The routine is settled now; meet my friend at the tube station, walk chatting about our day to the illuminated church, pick up our dinner (shyly walk past the donation box…), navigate our way through the myriad of Alpha-ers (Alphites?), settle into our seats and munch away. We move to the stage area, where there’ll be a talk, a song, a longer talk, then back to our groups to chat about it all.

The stage is a redesigned alter, with a drumkit set to one side and some seriously high-tech AV equipment, ready to show us this week’s montage. Christian rock celeb Ben Cantelon is here to sing Amazing Grace in Week Two, and the ‘congregation’ is encouraged to sing along- the lyrics screened on a projector in front of us. A giant red question mark perches stage-left.

Week Two’s talk is “Who is Jesus”- where Nicky Gumbell, Alpha  A-Lister, reasons that Jesus did exist, that he was a great man, and that he was the Son of God. His logic makes sense, to be fair. He talks of textual analysis, historical records, biblical prophecies come true. Quotes from CS Lewis are read out (not the Chronicles or Narnia, mind) and I’m feeling pretty content. I’m not convinced wholly, but the talk was engaging and insightful.

We trot back to our groups, where we have a discussion on the perception of Jesus today, and on the reality of miracles. I tell the group that miracles, to me, are astounding acts of humanity. I use the example of the feeding of the five thousand- where a little boy gave up his three fish so Jesus could do some shiny magic on them to share amongst everyone else. I make the point that the shiny magic part seems to be a nice embellishment, but the real miracle, the real thing worth celebrating, is the act of a boy giving away his food in a starving crowd. The group agree to differing extents, and conversation is stimulating, involved. I felt quite proud of myself, and retell my thoughts at work the next day. Week Two was fun, and I’m eager for the next session.

Alpha Course 2013

Week Three is different. The talk, “Why Did Jesus Die” by Toby Flint, kinda pisses me off. It’s essentially about sin, and comparing ourselves to God, and receiving forgiveness. I’m disgruntled, and a little offended by the off-hand remarks made in poor taste. My friend disagrees, and I sat fidgeting in my seat. Even this week’s song bugs me- something in the lyrics about unworthiness sticks in my mind.

The group session is a little more fiery this week. Our numbers have grown (which is unusual, groups tend to be whittled down as the weeks go on) and it’s sometimes a struggle to hear what everyone is saying. I’m trying to process my anger into coherent thoughts, ready to bring to the table. Someone has already brought up the issue of sin as a concept- arbitrary and outdated. They reference homosexuality.

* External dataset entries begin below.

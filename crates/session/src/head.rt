//! The first lines of an input, up to the one that names its users.

ghost use Rattle.std.specs.Prelude.{◌≡◌, ◌⊎◌, ◌∷◌, [], ℕ, List, None, false, IfOk, IfErr, OnOk};
ghost use Rattle.std.specs.Io.KnownBytes.{Consumes, IsAtEnd};
ghost use Rattle.model.specs.declared.refusal.Refusal.TheVariants.{InputFault, Memory, OutputFault};
ghost use Rattle.model.specs.Talk.{fresh};
ghost use Rattle.session.specs.Heads.{Idle, IsHead, IsHeadLine, IsHeadPiece, IsNamedBy, rest_found, users_found};
ghost use Rattle.session.specs.Serving.{AnsweredSoFar, EndedEarly, EndsAtLast, EndsIn, Finishes, HasFailed, IsNoFault, IsOwn, MayBeFault};

use crate::answer::{Answer, NoUsers};
use crate::serving::{Begun, CHUNK, hold, is_begun};
use crate::session::Session;
use crate::streams::{read_more, want_of};
use lines::{Reading, cut};
use model::{Mode, Refusal};
use nar::Faults;
use std::alloc::{AllocError, Global};
use std::io::{Read, Write};
use trust::User;

/// The first lines of an input, which are answered.
#[derive(Drop)]
pub struct Head {
    /// The session that goes on behind them.
    pub begun: Begun,
    /// The users whom the last of them names, or nothing at the input's end.
    pub users: Option<Vec<User>>,
}

/// The users whom a line names, and what was read behind it.
#[derive(Drop)]
pub(crate) struct Found {
    pub(crate) users: Vec<User>,
    pub(crate) rest: Vec<u8>,
}

/// The users whom a line names, by what it comes to, or nothing. The one error is memory.
pub fn users_of(reading: &Reading) -> Result<Option<Vec<User>>, AllocError>
    ensures { IfOk result (IsNamedBy reading.now) }
{
    match reading {
        Reading::Names(users) => Ok(Some(users.clone()?)),
        _ => Ok(None),
    }
}

/// Answers the line that is held, before which nobody was named, and writes what it gets. Gives the users
/// whom it names, if it does. Nobody is asked.
fn answer_line<W: Write + Faults, A: Answer>(
    alloc: Global,
    session: &mut Session,
    held: &mut Vec<u8>,
    writer: &mut W,
    before: u64,
    nobody: &mut A,
) -> Result<Option<Vec<User>>, Refusal>
    requires { session.old.begun ≡ false }
    ensures ok { IfOk result (IsHeadLine (W.contents writer.old) (W.contents writer.new)
        session.old session.new held.old.items) }
    ensures empty { OnOk result (held.new.items ≡ []) }
    ensures err { IfErr result (λ why. (more : List ℕ) → EndsIn Idle tt tt (W.contents writer.old) (W.contents writer.new)
        session.old held.old.items (10 ∷ more) why) }
    ensures errors { IfErr result IsOwn }
    ensures fault { IfErr result (MayBeFault OutputFault before (W.failed writer.new)) }
{
    let reading = session.read(alloc, held.as_slice())?;
    *held = Vec::new(alloc);
    let users = users_of(&reading)?;
    let text = session.answer(alloc, reading, nobody)?;
    text.write(writer, before)?;
    if session.is_refused() {
        return Err(Refusal::BadUsers);
    }
    Ok(users)
}

/// Takes the next piece of the input, up to a line that names users. Gives them with what stands behind that
/// line, if there is one.
fn take_piece<W: Write + Faults>(
    alloc: Global,
    session: &mut Session,
    held: &mut Vec<u8>,
    piece: &[u8],
    writer: &mut W,
    before: u64,
) -> Result<Option<Found>, Refusal>
    requires { session.old.begun ≡ false }
    ensures ok { IfOk result (IsHeadPiece (W.contents writer.old) (W.contents writer.new)
        session.old session.new held.old.items held.new.items piece.now) }
    ensures err { IfErr result (EndsIn Idle tt tt (W.contents writer.old) (W.contents writer.new)
        session.old held.old.items piece.now) }
    ensures errors { IfErr result IsOwn }
    ensures fault { IfErr result (MayBeFault OutputFault before (W.failed writer.new)) }
{
    let mut rest = piece;
    while let Some((line, after)) = cut(b'\n', rest) {
        hold(held, line)?;
        if let Some(users) = answer_line(alloc, session, held, writer, before, &mut NoUsers)? {
            let rest = Vec::from_slice(alloc, after)?;
            return Ok(Some(Found { users, rest }));
        }
        rest = after;
    }
    hold(held, rest)?;
    Ok(None)
}

/// Answers a last line that lacks its newline, if there is one.
fn take_last<W: Write + Faults>(
    alloc: Global,
    session: &mut Session,
    held: &mut Vec<u8>,
    writer: &mut W,
    before: u64,
) -> Result<(), Refusal>
    requires { session.old.begun ≡ false }
    ensures ok { OnOk result (Finishes Idle tt tt (W.contents writer.old) (W.contents writer.new)
        session.old held.old.items) }
    ensures err { IfErr result (EndsAtLast Idle tt tt (W.contents writer.old) (W.contents writer.new)
        session.old held.old.items) }
    ensures errors { IfErr result IsOwn }
    ensures fault { IfErr result (MayBeFault OutputFault before (W.failed writer.new)) }
{
    if !is_begun(held.as_slice()) {
        return Ok(());
    }
    let _users = answer_line(alloc, session, held, writer, before, &mut NoUsers)?;
    Ok(())
}

/// Answers the first lines of what a reader gives by a session that has had no line, as [`serve_head`] does.
/// Gives the users whom the last of them names, with what was read behind it; or nothing at the input's end.
fn head_by<R: Read + Faults, W: Write + Faults>(
    alloc: Global,
    session: &mut Session,
    held: &mut Vec<u8>,
    reader: &mut R,
    writer: &mut W,
) -> Result<Option<Found>, Refusal>
    requires { (session.old ≡ fresh session.old.mode) × (held.old.items ≡ []) }
    ensures ok { IfOk result (λ found. (input : List ℕ)
        × Consumes (R.remaining reader.old) (R.remaining reader.new) input
        × IsHead session.old.mode (W.contents writer.old) (W.contents writer.new)
        input (IsAtEnd (R.remaining reader.new)) session.new (users_found found) (rest_found found)) }
    ensures err { IfErr result (λ why. (input : List ℕ)
        × Consumes (R.remaining reader.old) (R.remaining reader.new) input
        × EndedEarly session.old.mode Idle tt tt (W.contents writer.old) (W.contents writer.new)
        input (IsAtEnd (R.remaining reader.new)) why) }
    ensures failed { IfErr result (λ why. why ≡ InputFault → (input : List ℕ)
        × Consumes (R.remaining reader.old) (R.remaining reader.new) input
        × AnsweredSoFar session.old.mode Idle tt tt (W.contents writer.old) (W.contents writer.new) input) }
    ensures whole { IfOk result (λ found. found ≡ None → ¬ HasFailed (R.failed reader.old) (R.failed reader.new)) }
    ensures errors { IfErr result (λ why. (why ≡ InputFault) ⊎ IsOwn why) }
    ensures input_fault { IfErr result (MayBeFault InputFault (R.failed reader.old) (R.failed reader.new)) }
    ensures output_fault { IfErr result (MayBeFault OutputFault (W.failed writer.old) (W.failed writer.new)) }
{
    let reader_before = reader.failures();
    let writer_before = writer.failures();
    let mut chunk = [0u8; CHUNK];
    for _ in 0..u64::MAX {
        let Some(n) = read_more(reader, reader_before, writer, writer_before, &mut chunk)? else {
            continue;
        };
        if n == 0 {
            take_last(alloc, session, held, writer, writer_before)?;
            return Ok(None);
        }
        let (piece, _) = chunk.split_at(n);
        if let Some(found) = take_piece(alloc, session, held, piece, writer, writer_before)? {
            return Ok(Some(found));
        }
    }
    Err(Refusal::Memory)
}

/// Answers the first lines of what a reader gives, up to the one that names the users, and writes what is
/// printed for them. No such line asks anybody. What was written is flushed before more is read; at the end the
/// writer is left to be flushed.
///
/// # Errors
///
/// They are those of [`serve_behind`](crate::serve_behind).
pub fn serve_head<R: Read + Faults, W: Write + Faults>(
    alloc: Global,
    mode: Mode,
    reader: &mut R,
    writer: &mut W,
) -> Result<Head, Refusal>
    // The last of them names the users, and the rest of what was read is left; or all lines are answered.
    ensures ok { IfOk result (λ head. (input : List ℕ)
        × Consumes (R.remaining reader.old) (R.remaining reader.new) input
        × IsHead mode (W.contents writer.old) (W.contents writer.new)
        input (IsAtEnd (R.remaining reader.new)) head.begun.session head.users head.begun.rest.items) }
    // How often reader and writer had failed before.
    ensures counts { IfOk result (λ head.
        (head.begun.reader_failures ≡ R.failed reader.old) × (head.begun.writer_failures ≡ W.failed writer.old)) }
    // Else the first lines are, whatever comes after what was read, and a beginning of their text.
    ensures err { IfErr result (λ why. (input : List ℕ)
        × Consumes (R.remaining reader.old) (R.remaining reader.new) input
        × EndedEarly mode Idle tt tt (W.contents writer.old) (W.contents writer.new)
        input (IsAtEnd (R.remaining reader.new)) why) }
    // Where the reader failed, these are the lines that were read whole, and all of their text.
    ensures failed { IfErr result (λ why. why ≡ InputFault → (input : List ℕ)
        × Consumes (R.remaining reader.old) (R.remaining reader.new) input
        × AnsweredSoFar mode Idle tt tt (W.contents writer.old) (W.contents writer.new) input) }
    // All lines are answered only where the reader's count shows no failure.
    ensures whole { IfOk result (λ head. head.users ≡ None → ¬ HasFailed (R.failed reader.old) (R.failed reader.new)) }
    ensures errors { IfErr result (λ why. (why ≡ InputFault) ⊎ IsOwn why) }
    ensures input_fault { IfErr result (MayBeFault InputFault (R.failed reader.old) (R.failed reader.new)) }
    ensures output_fault { IfErr result (MayBeFault OutputFault (W.failed writer.old) (W.failed writer.new)) }
    ensures memory { IfErr result (IsNoFault (W.failed writer.old) (W.failed writer.new)) }
{
    let reader_failures = reader.failures();
    let writer_failures = writer.failures();
    let mut session = Session::new(alloc, mode);
    let mut held = Vec::new(alloc);
    let found = match head_by(alloc, &mut session, &mut held, reader, writer) {
        Ok(found) => found,
        Err(Refusal::Memory) => return Err(want_of(writer, writer_failures)),
        Err(why) => return Err(why),
    };
    let (users, rest) = match found {
        Some(Found { users, rest }) => (Some(users), rest),
        None => (None, Vec::new(alloc)),
    };
    let begun = Begun {
        session,
        rest,
        reader_failures,
        writer_failures,
    };
    Ok(Head { begun, users })
}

The atmosphere is a little stuck. No one wants to sound accusatory, and most sentences are hedged with phrases like “In those days”. One person referenced the destruction of Sodom and Gomorrah- and was quickly accused of ‘totally demonising homosexuality’. Later, someone else inferred ‘the gays just want acceptance’.  Many people pointed out the significance of various ‘sins’, such as homosexuality and tattooing, have since radically culturally changed, and that the Bible was written by flawed people. I think the Christians felt a little attacked, and the athiests and agnostic a little hurt.

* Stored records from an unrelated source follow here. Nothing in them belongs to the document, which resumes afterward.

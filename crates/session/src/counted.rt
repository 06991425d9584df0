//! A reader and a writer that count their failures.

ghost use Rattle.std.specs.Prelude.{◌≡◌};
ghost use Rattle.std.specs.Io.{ReadsAtMost, WritesAtMost};
ghost use Rattle.std.specs.Io.KnownBytes.{Keeps, ReadConsumes, WriteAppends};
ghost use Rattle.session.specs.Counting.{Counts};

use nar::Faults;
use std::io;
use std::io::{ErrorKind, Read, Write};

/// A reader or a writer that counts how often it failed. An interruption is no failure. At the
/// greatest number the count stays.
#[derive(Drop)]
pub struct Counted<T: Drop> {
    inner: T,
    failures: u64,
}

impl<T: Drop> Counted<T> {
    /// A reader or a writer that has not failed.
    pub fn new(inner: T) -> Self
        ensures { (result.inner ≡ inner) × (result.failures ≡ 0) }
    {
        Counted { inner, failures: 0 }
    }

    /// What was read from or written to.
    pub fn into_inner(self) -> T
        ensures { result ≡ self.inner }
    {
        self.inner
    }

    /// Counts what came of a call.
    fn count<O>(&mut self, outcome: &io::Result<O>)
        ensures inner { self.new.inner ≡ self.old.inner }
        ensures counted { Counts self.old.failures outcome.now self.new.failures }
    {
        if let Err(error) = outcome {
            if error.kind() != ErrorKind::Interrupted {
                self.failures = self.failures.saturating_add(1);
            }
        }
    }
}

impl<T: Drop> Faults for Counted<T> {
    ghost failed = { λ counted. counted.failures };

    fn failures(&self) -> u64 {
        self.failures
    }
}

impl<R: Read + Drop> Read for Counted<R> {
    ghost remaining = { λ counted. R.remaining counted.inner };

    fn read(&mut self, buffer: &mut [u8]) -> io::Result<usize>
        ensures bound { ReadsAtMost result buffer.new }
        ensures bytes { ReadConsumes (R.remaining self.old.inner) (R.remaining self.new.inner) result buffer.new }
        ensures counted { Counts self.old.failures result self.new.failures }
    {
        let read = self.inner.read(buffer);
        self.count(&read);
        read
    }
}

impl<W: Write + Drop> Write for Counted<W> {
    ghost contents = { λ counted. W.contents counted.inner };

    fn write(&mut self, bytes: &[u8]) -> io::Result<usize>
        ensures bound { WritesAtMost result bytes.now }
        ensures bytes { WriteAppends (W.contents self.old.inner) (W.contents self.new.inner) result bytes.now }
        ensures counted { Counts self.old.failures result self.new.failures }
    {
        let written = self.inner.write(bytes);
        self.count(&written);
        written
    }

    fn flush(&mut self) -> io::Result<()>
        ensures bytes { Keeps (W.contents self.old.inner) (W.contents self.new.inner) }
        ensures counted { Counts self.old.failures result self.new.failures }
    {
        let flushed = self.inner.flush();
        self.count(&flushed);
        flushed
    }
}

I was slightly offended, to be honest. I understand that it can be difficult to articulate yourself when talking about contentious issues, and not one person in that group could be described as homophobic, but the conversation left a bad taste in my mouth. It took me a while to stop feeling frustrated afterwards, and I decided not to return. I can’t buy into something that requires you to consider yourself a sinner as an intrinsic part of your belief system- it’s just so negative.

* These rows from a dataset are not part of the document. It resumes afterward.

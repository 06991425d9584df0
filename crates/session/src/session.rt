//! Sessions, a line at a time.

ghost use Rattle.std.specs.Prelude.{◌≡◌, ℕ, List, length, IfOk, IfErr, OnOk, OnErr};
ghost use Rattle.model.specs.declared.refusal.Refusal.TheVariants.{Memory};
ghost use Rattle.model.specs.Talk.{Silent, Names, Refuses, fresh, parsed_of, GetsNext, is_bad_users, with_asked};
ghost use Rattle.lines.specs.declared.line.Reading.TheVariants as readings;
ghost use Rattle.lines.specs.Reading.{Becomes, IsRowOf};
ghost use Rattle.session.specs.Serving.{Link, Gives, GivesRow, StopsAt};

use crate::answer::Answer;
use crate::asking::{ask, wait};
use events::{Event, GoalId, Reply};
use lines::{LineResult, Printed, Reading, printed_answer, read_line};
use model::{Mode, Refusal};
use std::alloc::{AllocError, Global};
use std::marker::Model;

/// What is kept of the lines so far.
pub struct Session {
    mode: Mode,
    begun: bool,
    refused: bool,
    told: Vec<LineResult>,
    /// The goals that the lines got, each named as the job that it would lead.
    goals: Vec<GoalId>,
}

impl Drop for Session {
    fn drop(self) {
        let Session {
            mode: _,
            begun: _,
            refused: _,
            told: _,
            goals: _,
        } = self;
    }
}

impl Model for Session {
    ghost use Rattle.model.specs.Talk.{Seen};

    ghost Value = { Seen };

    ghost view = { λ s. record { mode = s.mode; begun = s.begun; refused = s.refused; told = s.told.items; goals = s.goals.items } };
}

impl Session {
    /// A session that has had no line. It takes no memory.
    pub fn new(alloc: Global, mode: Mode) -> Session
        ensures { result ≡ fresh mode }
    {
        Session {
            mode,
            begun: false,
            refused: false,
            told: Vec::new(alloc),
            goals: Vec::new(alloc),
        }
    }

    /// Whether a line of users was answered `ok`.
    pub fn has_users(&self) -> bool
        ensures { result ≡ self.now.begun }
    {
        self.begun
    }

    /// Whether a line of users was refused, which ends [`serve`](crate::serve): no line comes after it.
    pub fn is_refused(&self) -> bool
        ensures { result ≡ self.now.refused }
    {
        self.refused
    }

    /// How many lines it has had, which is the number of the last of them.
    pub fn line_count(&self) -> usize
        ensures { result ≡ length self.now.told }
    {
        self.told.len()
    }

    /// What the next line comes to, which is given without its newline. [`Session::answer`] answers it by that.
    ///
    /// # Errors
    ///
    /// - `Memory` only where memory was refused.
    pub fn read(&self, alloc: Global, line: &[u8]) -> Result<Reading, Refusal>
        ensures read { IfOk result (Becomes (parsed_of self.now line.now)) }
        ensures memory { IfErr result (λ why. why ≡ Memory) }
    {
        read_line(alloc, self.mode, self.begun, self.told.as_slice(), line)
    }

    /// Answers the next line, by what it comes to, and gives what is printed for it.
    ///
    /// # Errors
    ///
    /// - `Memory` as [`Session::line`] has it.
    pub fn answer<A: Answer>(
        &mut self,
        alloc: Global,
        reading: Reading,
        answer: &mut A,
    ) -> Result<Printed, Refusal>
        ensures ok { IfOk result (λ text. Gives (IsRowOf self.old.goals reading)
            (Link A.answers A.waited) self.old self.new answer.old answer.new text) }
        ensures memory { IfErr result (λ why. why ≡ Memory) }
        ensures err { OnErr result
            (StopsAt (IsRowOf self.old.goals reading) (Link A.answers A.waited) answer.old answer.new) }
    {
        match reading {
            Reading::Silent => self.pass_over(alloc),
            Reading::Names(_users) => self.begin(alloc),
            Reading::Refuses(why) => self.refuse(alloc, why),
            Reading::Asks(event) => self.ask(alloc, event, answer),
            Reading::Waits => self.wait(alloc, answer),
        }
    }

    /// Answers a line for which nothing is printed.
    fn pass_over(&mut self, alloc: Global) -> Result<Printed, Refusal>
        ensures ok { IfOk result (λ text. GivesRow Silent self.old self.new text) }
        ensures memory { IfErr result (λ why. why ≡ Memory) }
    {
        self.told.push(LineResult::nothing())?;
        Ok(Printed::nothing(alloc))
    }

    /// Answers the line that names the users, whoever they are.
    fn begin(&mut self, alloc: Global) -> Result<Printed, Refusal>
        ensures ok { IfOk result (λ text. (users : List (List ℕ))
            → GivesRow (Names users) self.old self.new text) }
        ensures memory { IfErr result (λ why. why ≡ Memory) }
    {
        let number = self.told.len() + 1;
        self.told.push(LineResult::nothing())?;
        self.begun = true;
        printed_answer(alloc, number, b"-", &Reply::Ok)
    }

    /// Answers a line that is refused.
    fn refuse(&mut self, alloc: Global, why: Refusal) -> Result<Printed, Refusal>
        ensures ok { IfOk result (λ text. GivesRow (Refuses why) self.old self.new text) }
        ensures memory { IfErr result (λ why. why ≡ Memory) }
    {
        let number = self.told.len() + 1;
        self.told.push(LineResult::nothing())?;
        self.refused = is_bad_users(why) | self.refused;
        printed_answer(alloc, number, b"-", &Reply::Refused(why))
    }

    /// Answers a line that makes this event.
    fn ask<A: Answer>(
        &mut self,
        alloc: Global,
        event: Event,
        answer: &mut A,
    ) -> Result<Printed, Refusal>
        ensures ok { IfOk result (λ text. Gives (IsRowOf self.old.goals (readings.Asks event))
            (Link A.answers A.waited) self.old self.new answer.old answer.new text) }
        ensures memory { IfErr result (λ why. why ≡ Memory) }
        ensures err { OnErr result (StopsAt (IsRowOf self.old.goals (readings.Asks event))
            (Link A.answers A.waited) answer.old answer.new) }
    {
        let answered = ask(alloc, self.told.len() + 1, event, answer)?;
        self.told.push(answered.told)?;
        add_goal(&mut self.goals, answered.goal)?;
        Ok(answered.text)
    }

    /// Answers a line that waits for the goals so far.
    fn wait<A: Answer>(&mut self, alloc: Global, answer: &mut A) -> Result<Printed, Refusal>
        ensures ok { IfOk result (λ text. Gives (IsRowOf self.old.goals readings.Waits)
            (Link A.answers A.waited) self.old self.new answer.old answer.new text) }
        ensures memory { IfErr result (λ why. why ≡ Memory) }
        ensures err { OnErr result (StopsAt (IsRowOf self.old.goals readings.Waits)
            (Link A.answers A.waited) answer.old answer.new) }
    {
        let text = wait(alloc, self.told.len() + 1, self.goals.as_slice(), answer)?;
        self.told.push(LineResult::nothing())?;
        Ok(text)
    }

    /// Answers the next line, which is given without its newline, and gives what is printed for it:
    /// nothing for an empty line and for a comment.
    ///
    /// # Errors
    ///
    /// - `Memory` only where memory was refused. After it the line's event may have been answered, or its
    ///   wait have ended, and nothing is said of later lines.
    pub fn line<A: Answer>(
        &mut self,
        alloc: Global,
        line: &[u8],
        answer: &mut A,
    ) -> Result<Printed, Refusal>
        ensures ok { IfOk result (λ text. Gives (GetsNext self.old line.now)
            (Link A.answers A.waited) self.old self.new answer.old answer.new text) }
        ensures memory { IfErr result (λ why. why ≡ Memory) }
        ensures err { OnErr result (StopsAt (GetsNext self.old line.now)
            (Link A.answers A.waited) answer.old answer.new) }
    {
        let reading = self.read(alloc, line)?;
        self.answer(alloc, reading, answer)
    }
}

/// Adds the goal that a reply gave, if it gave one.
fn add_goal(goals: &mut Vec<GoalId>, goal: Option<GoalId>) -> Result<(), AllocError>
    ensures { OnOk result (goals.new.items ≡ with_asked goals.old.items goal) }
{
    match goal {
        Some(goal) => Ok(goals.push(goal)?),
        None => Ok(()),
    }
}

fn is_bad_users(why: Refusal) -> bool
    ensures { result ≡ is_bad_users why }
{
    matches!(why, Refusal::BadUsers)
}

A few days later, having thrashed my thoughts out with a few friends, and even reading a passage of The Message (a version of the bible written in modern day English), I decide to go back. If this week’s session upsets me or directly contradicts my basic values, I won’t go again. The last session seemed tainted with a negative undertone, and feathers had clearly been ruffled. I write Week Three off, but it still lingers in the back of my mind.